Each ultrasound (USG) examination generated 1420 individual parameters. The volume and complexity of these measurements posed challenges for clinical interpretation, necessitating computational solutions to automate data processing as much as possible. The USG software exported results as CSV files, with rows representing either group headers or individual measurement outcomes. Advanced programming techniques were employed for data analysis. Statistical analysis was conducted using SPSS 27.0.1.0 (IBM Corporation) alongside three custom Python 3.12.2 programs, leveraging the Pandas, NumPy [17], and Pingouin [18] libraries:

IMPORT-EXAM Program: This program independently imported USG results from each dataset and exported two CSV files per dataset, each containing rows corresponding to individual examinations for a single patient.

MERGE-EXAM Program: This program consolidated examination data from each dataset into a single CSV file. For each patient, the file included paired measurement results from the examinations.

CALC-ICC2 Program: This program read the merged CSV file for each dataset, computed ICC values, and exported the results as CSV files.
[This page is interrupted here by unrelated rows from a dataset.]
//! Pre-images that are read off Benson's program.
ghost use Rattle.std.specs.Prelude.{◌≡◌, ◌≤◌, ◌+◌, ℕ, Bool, List, [], map, take, length, IfOk, IfErr};
ghost use Rattle.exact_field.specs.Rational.{ℚ, ◌<ℚ◌, neg_ℚ, zero_ℚ};
ghost use Rattle.benson_program.specs.Preimages.{AreLowMultipliers};
ghost use Rattle.overflows.specs.Preimages.{IsPreimageOf};
ghost use Rattle.overflows.specs.Base.{IsBaseStart};
ghost use Rattle.overflows.specs.Products.{AreBensonMultipliers};
ghost use Rattle.overflows.specs.Settings.{Knows, Setting};
ghost use Rattle.lp_form.specs.Data.{IsDataOf, cone_of};
ghost use Rattle.lp_form.specs.Programs.{full_share_of, generators, share_of, value_of};
ghost use Rattle.overflows.specs.Faults.{Overflows};
ghost use Rattle.polyhedra.specs.Vectors.{plus, scaled};
ghost use Rattle.upper_image.specs.Shows.{ShowsFitting};
ghost use Rattle.vlp_problem.specs.declared.problem.Problem.{Problem as File};

use crate::whole::generator_count;
use exact_field::{Field, is_negative};
use lin_rows::{Rows, combine};
use lp_form::{Data, Preimage, negative};
use overflows::{SolveFault, elimination_fault};
use src_sink::{Items, NoMemory};
use std::alloc::Global;

/// The first entries of a list.
fn front<F: Field>(alloc: Global, list: &[F], count: usize) -> Result<Items<F>, NoMemory>
    requires { count ≤ length list.now }
    ensures { IfOk result (λ front. front ≡ take count list.now) }
{
    let mut front = Items::new(alloc);
    front.append(&list[..count])?;
    Ok(front)
}

/// The multipliers of the generators that stand among those of the equations.
fn share<F: Field>(alloc: Global, form: &Data<F>, dual: &[F]) -> Result<Items<F>, NoMemory>
    requires { form.now.cols + length (generators (cone_of F.value form.now.cone))
        ≤ length dual.now }
    ensures { (file : File) → IsDataOf F.value file form.now
        → IfOk result (λ m. map F.value m ≡ share_of file file.cone (map F.value dual.now)) }
{
    let cols = form.cols as usize;
    negative(alloc, &dual[cols..cols + generator_count(&form.cone)])
}

/// A share, with the weights that combine the generators to the duality vector times the magnitude
/// of `last`, which is negative.
fn add_weights<F: Field>(
    alloc: Global,
    share: &[F],
    last: F,
    weights: &[F],
) -> Result<Items<F>, SolveFault>
    requires same { length share.now ≡ length weights.now }
    requires short { length share.now ≤ 4294967294 }
    requires negative { F.value last <ℚ zero_ℚ }
    ensures ok { IfOk result (λ m. map F.value m
        ≡ plus (map F.value share.now) (scaled (neg_ℚ (F.value last)) (map F.value weights.now))) }
    ensures left { (s : Setting) (y : List ℚ) → AreBensonMultipliers s y → F.value last ≡ value_of y
        → map F.value share.now ≡ share_of s.file s.file.cone y
        → map F.value weights.now ≡ s.weights → IfErr result (Overflows F.holds s []) }
{
    match combine(alloc, share, last.neg(), weights) {
        Ok(sum) => Ok(sum),
        Err(fault) => {
            let rows = Rows::new(alloc, 0);
            Err(elimination_fault(alloc, &rows, fault, Items::new(alloc)))
        }
    }
}

/// The multipliers of the generators, with the share of the duality vector where the last
/// multiplier is negative.
fn full_share<F: Field>(
    alloc: Global,
    form: &Data<F>,
    weights: &[F],
    dual: &[F],
) -> Result<Items<F>, SolveFault>
    requires weights { length weights.now ≡ length (generators (cone_of F.value form.now.cone)) }
    requires dual { (file : File) × (c v : List ℚ) × (t : Bool) × IsDataOf F.value file form.now
        × AreLowMultipliers file c v t (map F.value dual.now) }
    ensures ok { (file : File) → IsDataOf F.value file form.now
        → IfOk result (λ m. map F.value m
        ≡ full_share_of file file.cone (map F.value weights.now) (map F.value dual.now)) }
    ensures left { (s : Setting) → IsDataOf F.value s.file form.now
        → AreBensonMultipliers s (map F.value dual.now) → map F.value weights.now ≡ s.weights
        → IfErr result (Overflows F.holds s []) }
{
    let own = share(alloc, form, dual)?;
    let last = dual[dual.len() - 1];
    if is_negative(last) {
        add_weights(alloc, own.as_slice(), last, weights)
    } else {
        Ok(own)
    }
}

/// The pre-image that the multipliers of an optimum of Benson's program at `v` say, where its
/// value, the last multiplier, is not positive. The weights combine the generators to the duality
/// vector.
pub fn preimage_of<F: Field>(
    alloc: Global,
    form: &Data<F>,
    weights: &[F],
    dual: &[F],
) -> Result<Preimage<F>, SolveFault>
    requires weights { length weights.now ≡ length (generators (cone_of F.value form.now.cone)) }
    requires dual { (file : File) × (c v : List ℚ) × (t : Bool) × IsDataOf F.value file form.now
        × AreLowMultipliers file c v t (map F.value dual.now) }
    ensures ok { (file : File) (c v : List ℚ) (t : Bool) (picks : List ℕ) (inverse : List ℚ)
        → IsDataOf F.value file form.now → AreLowMultipliers file c v t (map F.value dual.now)
        → ShowsFitting file c (map F.value weights.now) picks inverse
        → IfOk result (IsPreimageOf F.value file c (map F.value weights.now) v t) }
    ensures left { (s : Setting) (c v : List ℚ) (t : Bool) → IsDataOf F.value s.file form.now
        → Knows s c → map F.value weights.now ≡ s.weights → IsBaseStart s.file.objs s.trail v t
        → AreLowMultipliers s.file c v t (map F.value dual.now)
        → IfErr result (Overflows F.holds s []) }
{
    let m = full_share(alloc, form, weights, dual)?;
    let x = front(alloc, dual, form.cols as usize)?;
    Ok(Preimage { x, m })
}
The CALC-ICC2 program processes only numerical data, transforming them into a “long” format where each measurement value occupies a separate row, with columns identifying the patient and measurement type. The program iterated through each detected parameter (e.g., LV Global Strain, RV Global Strain). For each parameter, it verified that the number of non-missing values was at least five; parameters with fewer non-missing values were excluded. Additionally, the program assessed data variance, excluding measurements with zero variance (i.e., identical values across observations); however, this scenario did not occur in our dataset. ICC calculations proceeded only when these criteria were met. The ICC was computed using the “intraclass_corr” function, ensuring consistent data processing and minimizing errors, thereby enhancing the precision and reliability of the study results. The generation of intermediate files further enabled the analysis of both final and intermediate outcomes. ICC values were interpreted as follows: values below 0.5 indicated poor reliability, 0.5 to 0.75 indicated moderate reliability, 0.75 to 0.9 indicated good reliability, and values above 0.9 indicated excellent reliability [12]. A p-value < 0.05 was considered statistically significant.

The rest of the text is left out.